# The task
Which lines of the entries below hold the word "OpId"? Report each of them.

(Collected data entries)
⁂
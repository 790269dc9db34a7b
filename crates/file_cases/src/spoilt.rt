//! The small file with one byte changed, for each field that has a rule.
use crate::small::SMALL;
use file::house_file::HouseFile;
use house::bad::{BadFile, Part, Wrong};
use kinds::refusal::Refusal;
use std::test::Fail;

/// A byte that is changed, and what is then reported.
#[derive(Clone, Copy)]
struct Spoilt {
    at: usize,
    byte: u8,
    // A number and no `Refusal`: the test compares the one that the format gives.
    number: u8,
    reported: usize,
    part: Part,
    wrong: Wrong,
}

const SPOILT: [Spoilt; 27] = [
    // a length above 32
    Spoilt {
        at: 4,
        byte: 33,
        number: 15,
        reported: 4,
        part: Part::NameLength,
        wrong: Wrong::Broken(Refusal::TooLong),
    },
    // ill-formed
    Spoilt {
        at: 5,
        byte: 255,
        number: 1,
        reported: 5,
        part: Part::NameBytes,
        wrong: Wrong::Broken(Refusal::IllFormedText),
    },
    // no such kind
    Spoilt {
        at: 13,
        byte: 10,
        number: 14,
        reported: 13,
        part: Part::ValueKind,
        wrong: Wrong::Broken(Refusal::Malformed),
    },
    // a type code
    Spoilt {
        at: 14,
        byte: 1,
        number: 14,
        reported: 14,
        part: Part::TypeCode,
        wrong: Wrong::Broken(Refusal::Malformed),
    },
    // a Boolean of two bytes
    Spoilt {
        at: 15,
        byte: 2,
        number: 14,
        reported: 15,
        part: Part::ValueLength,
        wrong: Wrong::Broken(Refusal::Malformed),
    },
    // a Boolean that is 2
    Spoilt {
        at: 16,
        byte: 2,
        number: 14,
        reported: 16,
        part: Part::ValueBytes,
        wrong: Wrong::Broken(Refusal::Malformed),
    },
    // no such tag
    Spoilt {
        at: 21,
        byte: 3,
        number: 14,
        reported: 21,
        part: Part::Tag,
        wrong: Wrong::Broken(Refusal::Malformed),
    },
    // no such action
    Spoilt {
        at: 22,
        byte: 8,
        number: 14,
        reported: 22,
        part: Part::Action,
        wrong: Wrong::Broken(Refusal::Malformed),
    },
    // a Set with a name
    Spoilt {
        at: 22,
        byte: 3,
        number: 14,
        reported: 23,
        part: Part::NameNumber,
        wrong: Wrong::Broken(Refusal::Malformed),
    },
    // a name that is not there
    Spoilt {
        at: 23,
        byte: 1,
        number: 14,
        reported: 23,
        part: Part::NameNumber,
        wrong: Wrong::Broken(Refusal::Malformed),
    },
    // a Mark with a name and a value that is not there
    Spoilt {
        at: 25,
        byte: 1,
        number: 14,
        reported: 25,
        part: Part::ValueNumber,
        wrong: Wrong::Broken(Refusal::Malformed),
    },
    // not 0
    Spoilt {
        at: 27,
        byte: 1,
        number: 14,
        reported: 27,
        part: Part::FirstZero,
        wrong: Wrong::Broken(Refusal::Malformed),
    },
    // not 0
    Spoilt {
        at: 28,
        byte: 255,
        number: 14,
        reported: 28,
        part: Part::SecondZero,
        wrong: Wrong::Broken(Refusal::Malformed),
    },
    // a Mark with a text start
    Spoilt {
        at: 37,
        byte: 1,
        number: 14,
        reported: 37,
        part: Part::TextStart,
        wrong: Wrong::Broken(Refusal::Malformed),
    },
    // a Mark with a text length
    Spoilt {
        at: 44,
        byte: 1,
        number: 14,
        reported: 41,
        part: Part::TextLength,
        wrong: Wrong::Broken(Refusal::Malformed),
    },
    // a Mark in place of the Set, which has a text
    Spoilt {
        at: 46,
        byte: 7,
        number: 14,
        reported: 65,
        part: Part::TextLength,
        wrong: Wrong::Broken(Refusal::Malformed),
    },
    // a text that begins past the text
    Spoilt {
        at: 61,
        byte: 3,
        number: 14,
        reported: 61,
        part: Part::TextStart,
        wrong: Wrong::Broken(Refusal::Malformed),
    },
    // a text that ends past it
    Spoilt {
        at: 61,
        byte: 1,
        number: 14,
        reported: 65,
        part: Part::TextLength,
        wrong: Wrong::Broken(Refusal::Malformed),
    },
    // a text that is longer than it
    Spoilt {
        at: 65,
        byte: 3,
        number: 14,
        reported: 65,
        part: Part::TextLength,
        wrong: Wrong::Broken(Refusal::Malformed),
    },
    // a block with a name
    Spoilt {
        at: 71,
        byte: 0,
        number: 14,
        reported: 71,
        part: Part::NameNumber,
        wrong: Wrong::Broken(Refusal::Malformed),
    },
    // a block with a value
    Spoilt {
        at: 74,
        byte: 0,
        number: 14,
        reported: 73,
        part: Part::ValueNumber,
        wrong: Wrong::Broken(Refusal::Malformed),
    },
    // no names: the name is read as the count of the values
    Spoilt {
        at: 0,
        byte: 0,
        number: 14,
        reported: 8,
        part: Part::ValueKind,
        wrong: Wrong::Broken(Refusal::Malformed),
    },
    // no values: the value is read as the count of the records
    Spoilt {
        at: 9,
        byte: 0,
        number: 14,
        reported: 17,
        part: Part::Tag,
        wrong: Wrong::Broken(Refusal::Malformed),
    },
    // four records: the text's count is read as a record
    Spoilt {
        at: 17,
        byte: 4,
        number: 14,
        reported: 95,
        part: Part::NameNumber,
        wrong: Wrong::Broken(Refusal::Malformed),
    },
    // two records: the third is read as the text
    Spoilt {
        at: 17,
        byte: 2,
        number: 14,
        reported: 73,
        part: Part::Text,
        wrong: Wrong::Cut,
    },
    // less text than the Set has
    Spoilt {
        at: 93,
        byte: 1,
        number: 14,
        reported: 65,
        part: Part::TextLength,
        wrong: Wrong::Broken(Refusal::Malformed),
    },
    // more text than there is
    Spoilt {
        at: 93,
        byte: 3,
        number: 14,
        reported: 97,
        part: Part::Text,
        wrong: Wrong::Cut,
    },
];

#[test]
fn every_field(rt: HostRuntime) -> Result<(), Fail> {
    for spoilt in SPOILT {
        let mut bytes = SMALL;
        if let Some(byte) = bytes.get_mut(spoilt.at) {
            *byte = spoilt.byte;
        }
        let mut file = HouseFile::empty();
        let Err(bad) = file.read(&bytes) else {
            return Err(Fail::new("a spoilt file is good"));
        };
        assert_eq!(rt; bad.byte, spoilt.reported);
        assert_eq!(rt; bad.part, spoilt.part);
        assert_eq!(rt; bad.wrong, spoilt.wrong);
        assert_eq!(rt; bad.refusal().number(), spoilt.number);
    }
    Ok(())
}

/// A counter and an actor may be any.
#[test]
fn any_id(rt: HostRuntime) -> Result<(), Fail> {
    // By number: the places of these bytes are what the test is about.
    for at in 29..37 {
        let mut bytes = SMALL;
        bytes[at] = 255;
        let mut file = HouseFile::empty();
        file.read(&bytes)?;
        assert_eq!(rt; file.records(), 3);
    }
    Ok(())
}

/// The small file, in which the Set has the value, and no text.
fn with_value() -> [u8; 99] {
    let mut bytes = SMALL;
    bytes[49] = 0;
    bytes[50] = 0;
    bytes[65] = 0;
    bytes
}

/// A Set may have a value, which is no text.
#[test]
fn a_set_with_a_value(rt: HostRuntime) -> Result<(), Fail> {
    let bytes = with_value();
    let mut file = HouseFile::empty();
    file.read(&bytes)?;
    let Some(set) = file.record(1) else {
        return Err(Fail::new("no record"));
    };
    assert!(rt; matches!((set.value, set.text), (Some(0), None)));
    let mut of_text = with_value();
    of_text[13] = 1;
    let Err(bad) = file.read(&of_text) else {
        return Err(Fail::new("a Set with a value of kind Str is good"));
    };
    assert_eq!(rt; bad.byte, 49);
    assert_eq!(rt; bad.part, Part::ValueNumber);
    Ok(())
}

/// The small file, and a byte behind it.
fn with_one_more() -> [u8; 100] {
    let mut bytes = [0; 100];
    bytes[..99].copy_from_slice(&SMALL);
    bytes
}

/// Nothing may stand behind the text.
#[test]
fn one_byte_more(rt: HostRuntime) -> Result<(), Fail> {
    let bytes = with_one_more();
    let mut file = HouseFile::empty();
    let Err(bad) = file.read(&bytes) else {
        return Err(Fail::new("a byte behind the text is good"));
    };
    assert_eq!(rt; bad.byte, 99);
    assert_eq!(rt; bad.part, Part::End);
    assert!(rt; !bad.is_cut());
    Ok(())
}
⁂
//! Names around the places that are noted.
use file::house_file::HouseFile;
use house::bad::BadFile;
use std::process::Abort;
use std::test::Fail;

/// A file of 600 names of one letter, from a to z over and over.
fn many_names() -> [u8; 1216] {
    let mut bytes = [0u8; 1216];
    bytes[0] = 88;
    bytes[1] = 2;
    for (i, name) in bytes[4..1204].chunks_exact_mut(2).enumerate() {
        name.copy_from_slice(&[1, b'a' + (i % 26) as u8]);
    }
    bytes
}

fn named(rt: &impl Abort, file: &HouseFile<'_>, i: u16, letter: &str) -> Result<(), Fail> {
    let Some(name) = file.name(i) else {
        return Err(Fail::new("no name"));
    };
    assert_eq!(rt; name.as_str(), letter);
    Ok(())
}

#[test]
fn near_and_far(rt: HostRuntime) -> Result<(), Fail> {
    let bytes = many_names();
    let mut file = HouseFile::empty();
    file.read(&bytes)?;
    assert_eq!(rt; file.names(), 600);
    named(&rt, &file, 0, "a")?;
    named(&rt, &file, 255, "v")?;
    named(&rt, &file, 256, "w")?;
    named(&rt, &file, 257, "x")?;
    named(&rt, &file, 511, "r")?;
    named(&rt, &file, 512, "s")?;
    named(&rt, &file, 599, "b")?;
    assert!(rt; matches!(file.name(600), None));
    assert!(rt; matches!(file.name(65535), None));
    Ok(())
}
⁂
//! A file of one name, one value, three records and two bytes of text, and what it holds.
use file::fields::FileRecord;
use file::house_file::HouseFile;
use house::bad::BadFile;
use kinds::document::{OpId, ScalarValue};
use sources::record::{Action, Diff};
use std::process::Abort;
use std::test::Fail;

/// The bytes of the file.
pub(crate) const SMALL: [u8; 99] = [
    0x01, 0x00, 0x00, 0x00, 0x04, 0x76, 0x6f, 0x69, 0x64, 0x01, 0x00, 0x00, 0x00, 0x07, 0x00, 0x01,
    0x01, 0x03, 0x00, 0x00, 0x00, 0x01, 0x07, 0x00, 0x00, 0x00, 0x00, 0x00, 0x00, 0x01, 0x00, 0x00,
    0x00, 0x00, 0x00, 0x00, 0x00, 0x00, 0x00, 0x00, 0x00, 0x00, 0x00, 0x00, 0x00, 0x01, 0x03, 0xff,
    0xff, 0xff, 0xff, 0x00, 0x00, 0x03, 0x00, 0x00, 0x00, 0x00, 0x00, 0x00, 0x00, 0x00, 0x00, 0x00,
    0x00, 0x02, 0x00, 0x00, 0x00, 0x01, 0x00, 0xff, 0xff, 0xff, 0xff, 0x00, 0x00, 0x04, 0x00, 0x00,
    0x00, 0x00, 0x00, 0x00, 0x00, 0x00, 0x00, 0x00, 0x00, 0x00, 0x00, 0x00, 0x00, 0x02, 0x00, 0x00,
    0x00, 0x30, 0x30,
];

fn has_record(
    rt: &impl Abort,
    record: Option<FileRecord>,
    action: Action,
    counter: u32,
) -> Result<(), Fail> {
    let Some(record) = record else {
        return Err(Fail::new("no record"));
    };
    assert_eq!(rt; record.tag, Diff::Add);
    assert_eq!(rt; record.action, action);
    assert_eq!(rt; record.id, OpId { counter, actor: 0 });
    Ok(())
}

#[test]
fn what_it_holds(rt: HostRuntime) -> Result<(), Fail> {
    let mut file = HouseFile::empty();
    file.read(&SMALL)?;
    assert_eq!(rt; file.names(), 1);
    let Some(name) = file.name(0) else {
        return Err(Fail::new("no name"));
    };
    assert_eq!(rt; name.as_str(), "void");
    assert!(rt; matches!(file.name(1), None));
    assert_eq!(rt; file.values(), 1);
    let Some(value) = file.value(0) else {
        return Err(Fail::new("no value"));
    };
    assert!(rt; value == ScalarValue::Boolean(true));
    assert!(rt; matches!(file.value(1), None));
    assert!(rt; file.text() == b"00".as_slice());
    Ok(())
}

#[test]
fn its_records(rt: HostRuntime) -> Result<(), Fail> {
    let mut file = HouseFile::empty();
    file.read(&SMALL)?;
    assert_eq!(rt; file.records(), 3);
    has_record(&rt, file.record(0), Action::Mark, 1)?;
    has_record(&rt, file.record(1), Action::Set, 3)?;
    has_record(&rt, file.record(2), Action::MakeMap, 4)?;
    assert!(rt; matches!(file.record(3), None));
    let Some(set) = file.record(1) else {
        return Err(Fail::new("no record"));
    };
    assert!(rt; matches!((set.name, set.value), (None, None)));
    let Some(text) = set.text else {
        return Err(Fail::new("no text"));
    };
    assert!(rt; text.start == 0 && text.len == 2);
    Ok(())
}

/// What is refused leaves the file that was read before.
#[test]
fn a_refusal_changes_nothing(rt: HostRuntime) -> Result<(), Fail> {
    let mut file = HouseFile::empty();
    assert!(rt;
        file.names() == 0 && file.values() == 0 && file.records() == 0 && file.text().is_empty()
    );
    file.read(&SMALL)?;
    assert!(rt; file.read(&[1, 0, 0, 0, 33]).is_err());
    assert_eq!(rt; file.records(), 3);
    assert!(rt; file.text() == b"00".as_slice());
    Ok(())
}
⁂
# Solved exercise
use kinds::document::{OpId, ScalarValue};
    assert_eq!(rt; record.id, OpId { counter, actor: 0 });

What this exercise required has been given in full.